Transboundary cooperation

The Agreement between Albania and Montenegro for the Protection and Sustainable Development of the Skadar/Shkoder Lake, signed in 2008, was the latest legal document on cooperation on environmental management issues. This Agreement serves, among others, as the legal instrument for the implementation of the joint Strategic Action Plan for the lake, agreed between the two Governments. The Skadar/Shkoder Lake Commission has been established under the Agreement, and commenced work in 2009. A Joint Secretariat is based in Shkodra, Albania, and four Working Groups (Planning and Legal; Monitoring and Research; Communication/Outreach and Sustainable Tourism; and Water Management) provide support.

Action and coordination at national level need to accompany transboundary cooperation, which is mostly supported by the GEF project (main activities initiated in 2008).

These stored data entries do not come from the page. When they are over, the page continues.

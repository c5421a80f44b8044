// Types, definitions and laws of the time that a text shows. The code is that of the texts, in `utc::shown`.
#![tactic(auto)]

ghost use Rattle.std.specs.Prelude.{◌≡◌};
ghost use Rattle.time_of_day.specs.TimeShown.{from_zero};
ghost use Rattle.time_of_day.specs.HalfEven.{grid_units};

// A time of day to the millisecond; in a leap second `second` is 60.
#[derive(Clone, Copy)]
pub struct TimeOfDay {
    pub hour: u32,
    pub minute: u32,
    pub second: u32,
    pub milli: u32,
}

// A time of the day itself, or the midnight that ends it.
// kept: an enum and no `Option`, since the second case is a time too, the midnight that ends the day, and the definition `shown_by` has both.
#[derive(Clone, Copy)]
pub enum TimeShown {
    At(TimeOfDay),
    NextMidnight,
}

// What is below 0 is taken as 0, which makes the cast safe with no condition: no fraction of a day has a count below 0.
// kept: a public function, whose promise is the definition `from_zero` that clauses cite; `max(0)` and a cast say it in as many words.
#[tactic(auto, unfolding(crate::specs::TimeShown::from_zero))]
pub fn from_zero(count: i64) -> u64
    ensures { result ≡ from_zero count }
{
    if count < 0 { 0 } else { count as u64 }
}

const TWO_52: f64 = 4503599627370496.0;

// The units of 2^-52 in a fraction, cut down where the fraction lies between two.
#[tactic(auto, unfolding(crate::specs::HalfEven::grid_units))]
pub fn grid_units(fraction: f64) -> u64
    ensures { result ≡ grid_units fraction }
{
    from_zero(floats::saturating_i64(fraction * TWO_52))
}
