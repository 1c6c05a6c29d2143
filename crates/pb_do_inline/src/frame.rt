use crate::site::Site;

/// A call that is under way: the subprotocol whose statements it is at, and the position of the next one.
#[derive(Drop)]
pub struct Frame {
    pub site: Site,
    pub body: usize,
    pub next: usize,
}
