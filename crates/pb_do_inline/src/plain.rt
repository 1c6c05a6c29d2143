ghost use Rattle.std.specs.Prelude.{◌≡◌, ◌≤◌, false, map, IfOk};
ghost use Rattle.pb_syntax.specs.Tree.{message, foreach, loop, again, choice, compute, barrier, broadcast, reduce, allreduce, statements_of, branches_of};
ghost use Rattle.pb_syntax.specs.Plain.{plain_statement, plain_block};
ghost use Rattle.pb_do_syntax.specs.Plain as C;
ghost use Rattle.pb_do_syntax.specs.Plain.{plain_sub};
ghost use Rattle.pb_do_syntax.specs.Inlining.{renamed, renamed_end, over_limit, place_or};
ghost use Rattle.pb_do_inline.specs.Ends.{written, roles_of, Adds};
ghost use Rattle.pb_do_inline.specs.Frames.{grown_by};

use crate::copies::copied_range;
use crate::frame::Frame;
use crate::halt::Halt;
use crate::output::Output;
use crate::site::Site;
use crate::subs::Subs;
use pb_do_syntax::CallBlock;
use pb_syntax::{Block, End, Op, Payload, RangeText, Spot, Statement};
use pb_text::Place;

impl Site {
    /// The place of the statement of the protocol that this one is or comes from.
    pub(crate) fn blamed(&self, place: Place) -> Place
        ensures { result ≡ place_or self.now.root place }
    {
        match self.root {
            Some(root) => root,
            None => place,
        }
    }

    /// Counts and writes a statement without braces.
    pub(crate) fn add(
        &self,
        statement: Statement,
        place: Place,
        left: usize,
        out: &mut Output,
    ) -> Result<Option<Frame>, Halt>
        ensures adds { Adds result (over_limit false left out.old.count.n) (place_or self.now.root place) (plain_statement statement) (written out.old) (written out.new) }
        ensures grows { IfOk result (λ next. grown_by next out.old.count.n ≤ out.new.count.n) }
    {
        out.count_one(false, left, self.blamed(place))?;
        out.push(statement)?;
        Ok(None)
    }
}

pub(crate) fn again(place: Place, name: &Spot) -> Statement
    ensures { plain_statement result ≡ again place name.now }
{
    Statement::Continue { place, name: *name }
}

pub(crate) fn barrier(place: Place) -> Statement
    ensures { plain_statement result ≡ barrier place }
{
    Statement::Barrier { place }
}

pub(crate) fn allreduce(place: Place, label: &Spot, payload: Payload, op: Op) -> Statement
    ensures { plain_statement result ≡ allreduce place label.now payload op }
{
    Statement::Allreduce {
        place,
        label: *label,
        payload,
        op,
    }
}

/// A `foreach` with these items in place of its own.
pub(crate) fn iteration(
    place: Place,
    var: &Spot,
    range: &RangeText,
    items: &CallBlock,
    list: Vec<Statement>,
) -> Statement
    ensures { plain_statement result ≡ foreach place var.now range.now (C.plain_block items.now).place (statements_of (map plain_statement list.items)) }
{
    Statement::Foreach {
        place,
        var: *var,
        range: copied_range(range),
        items: Block {
            place: items.place,
            list,
        },
    }
}

/// A loop with these statements in place of its own.
pub(crate) fn named_loop(
    place: Place,
    name: &Spot,
    body: &CallBlock,
    list: Vec<Statement>,
) -> Statement
    ensures { plain_statement result ≡ loop place name.now (C.plain_block body.now).place (statements_of (map plain_statement list.items)) }
{
    Statement::Rec {
        place,
        name: *name,
        body: Block {
            place: body.place,
            list,
        },
    }
}

impl Subs<'_> {
    pub(crate) fn offer(
        &self,
        place: Place,
        kernel: &Spot,
        at: &End,
        site: &Site,
        branches: Vec<Block>,
    ) -> Statement
        ensures { plain_statement result ≡ choice place kernel.now (renamed_end (roles_of (map plain_sub self.now.list.now) site.now) at.now) (branches_of (map plain_block branches.items)) }
    {
        Statement::Choice {
            place,
            kernel: *kernel,
            at: self.end(site, at),
            branches,
        }
    }

    pub(crate) fn message(
        &self,
        label: &Spot,
        payload: Payload,
        from: &End,
        to: &End,
        site: &Site,
    ) -> Statement
        ensures { plain_statement result ≡ renamed (roles_of (map plain_sub self.now.list.now) site.now) (message label.now payload from.now to.now) }
    {
        Statement::Message {
            label: *label,
            payload,
            from: self.end(site, from),
            to: self.end(site, to),
        }
    }

    pub(crate) fn compute(&self, place: Place, kernel: &Spot, at: &End, site: &Site) -> Statement
        ensures { plain_statement result ≡ renamed (roles_of (map plain_sub self.now.list.now) site.now) (compute place kernel.now at.now) }
    {
        Statement::Compute {
            place,
            kernel: *kernel,
            at: self.end(site, at),
        }
    }

    pub(crate) fn broadcast(
        &self,
        place: Place,
        label: &Spot,
        payload: Payload,
        from: &End,
        site: &Site,
    ) -> Statement
        ensures { plain_statement result ≡ renamed (roles_of (map plain_sub self.now.list.now) site.now) (broadcast place label.now payload from.now) }
    {
        Statement::Broadcast {
            place,
            label: *label,
            payload,
            from: self.end(site, from),
        }
    }

    pub(crate) fn reduce(
        &self,
        place: Place,
        label: &Spot,
        payload: Payload,
        op: Op,
        to: &End,
        site: &Site,
    ) -> Statement
        ensures { plain_statement result ≡ renamed (roles_of (map plain_sub self.now.list.now) site.now) (reduce place label.now payload op to.now) }
    {
        Statement::Reduce {
            place,
            label: *label,
            payload,
            op,
            to: self.end(site, to),
        }
    }
}
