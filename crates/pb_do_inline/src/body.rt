ghost use Rattle.std.specs.Prelude.{map};
ghost use Rattle.pb_do_syntax.specs.Plain.{plain_sub, plain_block};
ghost use Rattle.pb_do_syntax.specs.Inlining.{InlinesAll, top_site, block_behind};
ghost use Rattle.pb_do_inline.specs.Ends.{written, Ends};
ghost use Rattle.pb_do_inline.specs.Index.{IsIndex};

use crate::count::Count;
use crate::halt::Halt;
use crate::output::Output;
use crate::site::{Index, Site};
use crate::subs::Subs;
use pb_do_syntax::{CallBlock, Sub};
use std::alloc::Global;

/// The statements of a protocol's block, each call replaced by the statements of its subprotocol.
///
/// The tables are those of the subprotocols. `TooMany` comes exactly at the first statement or call, in the order of what
/// comes out and a call before its statements, that would be number 4,001 or open brace 65. No more than that is built.
pub fn inlined_body(
    alloc: Global,
    subs: &[Sub],
    index: &Index,
    body: &CallBlock,
) -> Result<Output, Halt>
    requires { IsIndex (map plain_sub subs.now) index.now }
    ensures { Ends result (λ o. written o) (InlinesAll (map plain_sub subs.now) top_site (plain_block body.now).list (block_behind 0)) }
{
    let subs = Subs {
        alloc,
        list: subs,
        index,
    };
    let site = Site {
        sub: None,
        names: Vec::new(alloc),
        root: None,
    };
    let mut out = Output::behind(alloc, Count { n: 0 });
    subs.statements(&body.list, &site, 63, &mut out)?;
    Ok(out)
}
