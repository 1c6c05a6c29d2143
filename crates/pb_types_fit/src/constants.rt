ghost use Rattle.std.specs.Prelude.{◌≡◌, [], Some, None, MatchOption};
ghost use Rattle.pb_local.specs.Tree.{program_of};
ghost use Rattle.pb_types_fit.specs.Faults.{is_constant, constant_fault, first_wrong, value_of};

use crate::FitFault;
use crate::taken::is_taken;
use pb_local::Local;
use pb_types::Constant;

/// The most constants of a types file.
pub const MOST_CONSTANTS: u32 = 4_096;

// Whether one of these has the name.
fn is_constant(name: &[u8], constants: &[Constant]) -> bool
    ensures { result ≡ is_constant name.now constants.now }
{
    for constant in constants {
        if constant.name.name.bytes() == name {
            return true;
        }
    }
    false
}

/// The value of the constant of this name.
pub fn value_of(constants: &[Constant], name: &[u8]) -> Option<u32>
    ensures { result ≡ value_of constants.now name.now }
{
    for constant in constants {
        if constant.name.name.bytes() == name {
            return Some(constant.value);
        }
    }
    None
}

// What is wrong with a constant behind these.
fn constant_fault(local: &Local, earlier: &[Constant], constant: &Constant) -> Option<FitFault>
    ensures { result ≡ constant_fault (program_of local.now) earlier.now constant.now }
{
    let place = constant.name.place;
    if earlier.len() >= MOST_CONSTANTS as usize {
        return Some(FitFault::TooManyConstants(place));
    }
    if is_constant(constant.name.name.bytes(), earlier) {
        return Some(FitFault::ConstantTwice(place));
    }
    if is_taken(local, constant.name.name.bytes()) {
        return Some(FitFault::NameTaken(place));
    }
    None
}

/// The first fault of the constants.
pub fn constants_fault(local: &Local, constants: &[Constant]) -> Option<FitFault>
    ensures { result ≡ first_wrong (constant_fault (program_of local.now)) [] constants.now }
{
    for at in 0..constants.len() {
        if let Some(fault) = constant_fault(local, &constants[..at], &constants[at]) {
            return Some(fault);
        }
    }
    None
}
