//! What labels carry, one after the other.

ghost use Rattle.std.specs.Prelude.{◌≡◌, drop};
ghost use Rattle.pb_typed.specs.Frame.{first_carried, is_open};
ghost use Rattle.std.specs.List.{list_any};

use pb_typed_types::Carried;

/// What the label at this place carries; its words where the table ends before it.
#[tactic(auto, using(crate::proofs::Tables::first_of))]
pub fn carried_of(types: &[Carried], at: usize) -> Carried
    ensures { result ≡ first_carried (drop at types.now) }
{
    match types.get(at) {
        Some(carried) => *carried,
        None => Carried::Words,
    }
}

fn is_open(carried: Carried) -> bool
    ensures { result ≡ is_open carried }
{
    match carried {
        Carried::Words => false,
        Carried::Fixed { .. } => false,
        Carried::Open { .. } => true,
    }
}

/// True where some label carries elements of an open count.
pub fn has_open(types: &[Carried]) -> bool
    ensures { result ≡ list_any is_open types.now }
{
    for carried in types {
        if is_open(*carried) {
            return true;
        }
    }
    false
}
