//! The bodies of functions where nothing else is given.

ghost use Rattle.std.specs.Prelude.{◌≡◌, ◌++◌, OnOk, IfOk, IsTrue};
ghost use Rattle.pb_local.specs.Names.{is_name};
ghost use Rattle.pb_typed.specs.Functions.{default_body, default_of, warning};

use pb_ctree::{Body, Name};
use pb_local::push_pieces;
use pb_text::NoMemory;
use pb_typed::{Function, Role};
use std::alloc::Global;

fn push_warning(out: &mut Vec<u8>, kind: &[u8], name: &Name) -> Result<(), NoMemory>
    ensures { OnOk result (out.new.items ≡ out.old.items ++ warning kind.now name.now) }
{
    push_pieces(
        out,
        &[
            b"#warning \"",
            kind,
            name.bytes(),
            b" is not written yet\"\n",
        ],
    )
}

fn push_warned(out: &mut Vec<u8>, kind: &[u8], name: &Name, rest: &[u8]) -> Result<(), NoMemory>
    ensures { OnOk result (out.new.items ≡ out.old.items ++ (warning kind.now name.now ++ rest.now)) }
{
    push_warning(out, kind, name)?;
    out.extend_from_slice(rest)?;
    Ok(())
}

fn push_default(out: &mut Vec<u8>, role: Role, name: &Name) -> Result<(), NoMemory>
    ensures { OnOk result (out.new.items ≡ out.old.items ++ default_body role name.now) }
{
    match role {
        Role::Makes => push_warning(out, b"make_", name),
        Role::MakesOwn => push_warned(out, b"make_", name, b"  *count = 0;\n  return 0;\n"),
        Role::GivesRoom => push_warned(out, b"room_", name, b"  *most = 0;\n  return 0;\n"),
        Role::Takes => Ok(()),
        Role::TakesOwn => Ok(()),
        Role::Computes => Ok(()),
        Role::Chooses => push_warned(out, b"c_", name, b"  return 0;\n"),
    }
}

fn default_bytes(alloc: Global, role: Role, name: &Name) -> Result<Vec<u8>, NoMemory>
    ensures { IfOk result (λ bytes. bytes.items ≡ default_body role name.now) }
{
    let mut bytes = Vec::new(alloc);
    push_default(&mut bytes, role, name)?;
    Ok(bytes)
}

/// The body of a function where nothing else is given: a warning of the build that it isn't written yet, and no elements or
/// the first branch; nothing where that does no harm. The function's name is one of the protocol language.
#[tactic(auto, using(crate::proofs::Defaults::default_is))]
pub fn default_of(alloc: Global, function: &Function) -> Result<Body, NoMemory>
    requires { IsTrue (is_name function.now.name) }
    ensures { IfOk result (λ body. body ≡ default_of function.now) }
{
    match Body::of(default_bytes(alloc, function.role, &function.name)?) {
        Some(body) => Ok(body),
        None => unreachable!(),
    }
}
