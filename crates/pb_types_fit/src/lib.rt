//! A types file against the program of a protocol: the first fault, or what each label carries.
//!
//! `specs/Faults` says what is wrong, in the file's order, `Taken` which names a constant can't have, and `Carries` what a
//! label carries.
#![tactic(auto)]

mod constants;
mod counts;
mod fault;
mod labels;
mod ordered;
mod taken;
mod verdict;

pub use constants::MOST_CONSTANTS;
pub use counts::MOST_BYTES;
pub use fault::FitFault;
pub use pb_types::{Carried, Element, TypesFile};
pub use verdict::fit;
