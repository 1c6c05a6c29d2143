//! Prints the head of a program text, with what its labels carry, and its functions with their bodies.
#![tactic(auto)]

mod bodies;
mod functions;
mod head;
mod heads;
mod labels;
mod lines;
mod list;

pub use bodies::default_of;
pub use functions::push_functions;
pub use head::push_head;
pub use list::{body_name, program_functions};
pub use pb_ctree::{Body, CTree, KName, Local};
pub use pb_text::NoMemory;
pub use pb_typed::{Function, Role};
pub use pb_typed_types::{Carried, Constant, Types};
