//! The lines before the prelude.

ghost use Rattle.std.specs.Prelude.{◌≡◌, ◌++◌, ◌∷◌, [], OnOk, codes, decimal, if◌then◌else◌};
ghost use Rattle.std.specs.List.{list_any};
ghost use Rattle.pb_local.specs.Pieces.{joined, line};
ghost use Rattle.pb_local.specs.Tree.{program_of};
ghost use Rattle.pb_types.specs.declared.carried.Carried.TheVariants.{Fixed, Open};
ghost use Rattle.pb_typed.specs.Frame.{type_row, type_rows, trace_lines, is_open, count_lines, constant_lines, own_lines, owns, head_pieces};
ghost use Rattle.pb_typed.specs.Pieces.{pieces_text};

use crate::labels::{carried_of, has_open};
use crate::lines::{push_declared, push_text};
use itoa::Buffer;
use pb_cprint::{push_buffers, push_labels, push_protocol, push_range, push_roles};
use pb_ctree::{CoreLabel, Local};
use pb_text::NoMemory;
use pb_typed_types::{Carried, Constant, Types};
use pb_types::{Element, push_type_row};

fn push_title(out: &mut Vec<u8>) -> Result<(), NoMemory>
    ensures { OnOk result (out.new.items ≡ out.old.items ++ line 0 (codes "/* pabble 1 typed */")) }
{
    out.extend_from_slice(b"/* pabble 1 typed */\n")?;
    Ok(())
}

fn push_row(
    local: &Local,
    out: &mut Vec<u8>,
    label: &CoreLabel,
    carried: Carried,
) -> Result<(), NoMemory>
    ensures { OnOk result (out.new.items ≡ out.old.items ++ pieces_text (program_of local.now) (type_row carried label.now)) }
{
    push_type_row(out, &label.name, carried)
}

fn push_rows(
    local: &Local,
    out: &mut Vec<u8>,
    labels: &[CoreLabel],
    types: &[Carried],
) -> Result<(), NoMemory>
    ensures { OnOk result (out.new.items ≡ out.old.items ++ pieces_text (program_of local.now) (type_rows labels.now types.now)) }
{
    for (at, label) in labels.iter().enumerate() {
        push_row(local, out, label, carried_of(types, at))?;
    }
    Ok(())
}

/// What calls a tracer where there is one.
fn push_trace(local: &Local, out: &mut Vec<u8>) -> Result<(), NoMemory>
    ensures { OnOk result (out.new.items ≡ out.old.items ++ pieces_text (program_of local.now) trace_lines) }
{
    out.extend_from_slice(
        b"#ifdef PABBLE_TRACE\n#include <pabble_trace.h>\n#else\n#define PABBLE(...)\n#endif\n",
    )?;
    Ok(())
}

/// The function that ends the run where a count isn't between 0 and the most.
fn push_count(local: &Local, out: &mut Vec<u8>) -> Result<(), NoMemory>
    ensures { OnOk result (out.new.items ≡ out.old.items ++ pieces_text (program_of local.now) count_lines) }
{
    out.extend_from_slice(
        b"#include <stdio.h>\nstatic int pabble_count(const char *kernel, int count, int most)\n{\n  if (count < 0 || count > most) {\n    fprintf(stderr, \"pabble: %s: count %d, room for %d\\n\", kernel, count, most);\n    MPI_Abort(MPI_COMM_WORLD, 4);\n  }\n  return count;\n}\n",
    )?;
    Ok(())
}

fn push_counts(local: &Local, out: &mut Vec<u8>, types: &[Carried]) -> Result<(), NoMemory>
    ensures { OnOk result (out.new.items ≡ out.old.items ++ pieces_text (program_of local.now) (if list_any is_open types.now then count_lines else [])) }
{
    if has_open(types) {
        return push_count(local, out);
    }
    Ok(())
}

fn push_constants(local: &Local, out: &mut Vec<u8>, constants: &[Constant]) -> Result<(), NoMemory>
    ensures { OnOk result (out.new.items ≡ out.old.items ++ pieces_text (program_of local.now) (constant_lines constants.now)) }
{
    for constant in constants {
        push_constant(out, constant)?;
    }
    Ok(())
}

fn push_constant(out: &mut Vec<u8>, constant: &Constant) -> Result<(), NoMemory>
    ensures { OnOk result (out.new.items ≡ out.old.items ++ line 0 (joined (codes "enum { " ∷ constant.now.name ∷ codes " = " ∷ decimal constant.now.value ∷ codes " };" ∷ []))) }
{
    let mut buffer = Buffer::new();
    push_text(
        out,
        0,
        &[
            b"enum { ",
            constant.name.bytes(),
            b" = ",
            buffer.format(constant.value).as_bytes(),
            b" };",
        ],
    )
}

fn push_own_count(out: &mut Vec<u8>, name: &[u8], count: u32) -> Result<(), NoMemory>
    ensures { OnOk result (out.new.items ≡ out.old.items ++ line 0 (joined (codes "enum { n_" ∷ name.now ∷ codes " = " ∷ decimal count ∷ codes " };" ∷ []))) }
{
    let mut buffer = Buffer::new();
    push_text(
        out,
        0,
        &[
            b"enum { n_",
            name,
            b" = ",
            buffer.format(count).as_bytes(),
            b" };",
        ],
    )
}

/// The count of a label, and its two buffers.
fn push_fixed(
    local: &Local,
    out: &mut Vec<u8>,
    label: &CoreLabel,
    element: Element,
    count: u32,
) -> Result<(), NoMemory>
    ensures { OnOk result (out.new.items ≡ out.old.items ++ pieces_text (program_of local.now) (own_lines (Fixed element count) label.now)) }
{
    push_own_count(out, label.name.bytes(), count)?;
    push_declared(
        out,
        b"static ",
        element.c_name(),
        b" s_",
        label.name.bytes(),
        &[
            b"[n_",
            label.name.bytes(),
            b"], t_",
            label.name.bytes(),
            b"[n_",
            label.name.bytes(),
            b"];",
        ],
    )?;
    Ok(())
}

/// The two pointers of a label, and their counts.
fn push_open(
    local: &Local,
    out: &mut Vec<u8>,
    label: &CoreLabel,
    element: Element,
) -> Result<(), NoMemory>
    ensures { OnOk result (out.new.items ≡ out.old.items ++ pieces_text (program_of local.now) (own_lines (Open element) label.now)) }
{
    push_declared(
        out,
        b"static const ",
        element.c_name(),
        b" *s_",
        label.name.bytes(),
        &[b";"],
    )?;
    push_declared(
        out,
        b"static ",
        element.c_name(),
        b" *t_",
        label.name.bytes(),
        &[b";"],
    )?;
    push_text(
        out,
        0,
        &[
            b"static int n_",
            label.name.bytes(),
            b", m_",
            label.name.bytes(),
            b";",
        ],
    )?;
    Ok(())
}

fn push_own(
    local: &Local,
    out: &mut Vec<u8>,
    label: &CoreLabel,
    carried: Carried,
) -> Result<(), NoMemory>
    ensures { OnOk result (out.new.items ≡ out.old.items ++ pieces_text (program_of local.now) (own_lines carried label.now)) }
{
    match carried {
        Carried::Words => Ok(()),
        Carried::Fixed { element, count } => push_fixed(local, out, label, element, count),
        Carried::Open { element } => push_open(local, out, label, element),
    }
}

fn push_owns(
    local: &Local,
    out: &mut Vec<u8>,
    labels: &[CoreLabel],
    types: &[Carried],
) -> Result<(), NoMemory>
    ensures { OnOk result (out.new.items ≡ out.old.items ++ pieces_text (program_of local.now) (owns labels.now types.now)) }
{
    for (at, label) in labels.iter().enumerate() {
        push_own(local, out, label, carried_of(types, at))?;
    }
    Ok(())
}

/// Appends the lines before the prelude.
pub fn push_head(local: &Local, types: &Types, out: &mut Vec<u8>) -> Result<(), NoMemory>
    ensures { OnOk result (out.new.items ≡ out.old.items ++ pieces_text (program_of local.now) (head_pieces (program_of local.now) types.now.labels.items types.now.constants.items)) }
{
    push_title(out)?;
    push_protocol(out, local)?;
    push_range(out, local.range)?;
    push_roles(out, &local.roles)?;
    push_labels(out, &local.labels)?;
    push_rows(local, out, &local.labels, &types.labels)?;
    push_buffers(out)?;
    push_trace(local, out)?;
    push_counts(local, out, &types.labels)?;
    push_constants(local, out, &types.constants)?;
    push_owns(local, out, &local.labels, &types.labels)?;
    Ok(())
}
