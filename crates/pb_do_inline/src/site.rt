use pb_text::{Name, Names, Place};

/// The names of the subprotocols, and of the parameters of each.
#[derive(Drop)]
pub struct Index {
    pub names: Names,
    pub params: Vec<Names>,
}

/// Where statements stand: the subprotocol that they are of, if they are of one, the roles that its parameters stand for,
/// and the call of the protocol that they come from.
#[derive(Drop)]
pub struct Site {
    pub sub: Option<usize>,
    pub names: Vec<Name>,
    pub root: Option<Place>,
}
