ghost use Rattle.std.specs.Prelude.{◌≡◌, ◌≤◌, map, IfOk};
ghost use Rattle.pb_do_syntax.specs.Calls.{call};
ghost use Rattle.pb_do_syntax.specs.Plain.{plain_sub};
ghost use Rattle.pb_do_syntax.specs.Inlining.{Inlines, passed_on};
ghost use Rattle.pb_do_inline.specs.Ends.{written, roles_of, site_of};
ghost use Rattle.pb_do_inline.specs.Frames.{Steps, grown_by};

use crate::frame::Frame;
use crate::halt::Halt;
use crate::output::Output;
use crate::site::Site;
use crate::subs::Subs;
use pb_syntax::Spot;
use pb_text::{Name, NoMemory, Place};

impl Subs<'_> {
    // The roles that arguments stand for.
    fn passed_on(&self, args: &[Spot], site: &Site) -> Result<Vec<Name>, NoMemory>
        ensures { IfOk result (λ names. names.items ≡ passed_on (roles_of (map plain_sub self.now.list.now) site.now) args.now) }
    {
        let mut names = Vec::new(self.alloc);
        for arg in args {
            names.push(self.role(site, &arg.name))?;
        }
        Ok(names)
    }

    /// Counts a call and begins it.
    pub(crate) fn enter(
        &self,
        place: Place,
        sub: &Spot,
        args: &[Spot],
        site: &Site,
        left: usize,
        out: &mut Output,
    ) -> Result<Option<Frame>, Halt>
        ensures steps { Steps self.now.list.now left result (written out.new) (Inlines (map plain_sub self.now.list.now) (site_of (map plain_sub self.now.list.now) site.now left) (call place sub.now args.now) (written out.old)) }
        ensures grows { IfOk result (λ next. grown_by next out.old.count.n ≤ out.new.count.n) }
    {
        let root = site.blamed(place);
        out.count_one(false, left, root)?;
        let Some(i) = self.index.names.find(&sub.name) else {
            return Ok(None);
        };
        let body = i as usize;
        if body >= self.list.len() {
            return Ok(None);
        }
        let names = self.passed_on(args, site)?;
        let site = Site {
            sub: Some(body),
            names,
            root: Some(root),
        };
        Ok(Some(Frame {
            site,
            body,
            next: 0,
        }))
    }
}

Harmonization of management approaches and instruments is an imperative in the long term. The establishment of a sustainable fishery strategy and further action for pollution reduction and prevention are among the priorities. Detailed hydrogeological mapping and investigation of the relationships between karst groundwater and groundwater of the alluvial deposits with Skadar/Shkoder Lake (through the development of the Lake watershed area hydrological model), monitoring of surface and groundwater, water demand management measures, groundwater abstraction control, vulnerability mapping for land use planning, and protection zones for drinking water supply also need to be applied, established or improved.

Trends

A well-defined pollution trend cannot be established for the lake, due to the lack of continuous data; water quality seems to have been varying in space and time.

Tourism is considered to be a major economic driver in both parts of the basin. Moreover, four dams are planned for construction in the Morača – the main tributary of Skadar/Shkoder Lake, flowing through Montenegro. The project has been anticipated in the Spatial Plan of Montenegro.

The impacts on the lakes-rivers-wetlands-groundwater system of the current economic development proposals and plans in both countries that involve alternative uses of water and the water bodies need to be clearly understood, before any decision is taken.

Transboundary cooperation in the “extended” Drin Basin

The Drin Basin needs to be managed as an entity to ensure effective and sustainable management of water and ecosystems. Although there is an established cooperation between the riparian countries in the sub-basins of Prespa, Ohrid and Skadar/Shkoder Lakes, there is no such cooperation at the “extended” Drin Basin level. Albania, the former Yugoslav Republic of Macedonia, Greece, and the European Commission signed an agreement on the protection and sustainable development of the Prespa Park Area in February 2010. The Petersberg Phase II/Athens Declaration Process (coordinated by Germany, Greece and the World Bank, supported technically and administratively by GWPMed), acting in cooperation with UNECE, GEF and UNDP, facilitates a regional multi-stakeholder dialogue process, aiming to explore possibilities of moving the level of cooperation from the sub-basin to the Drin Basin level.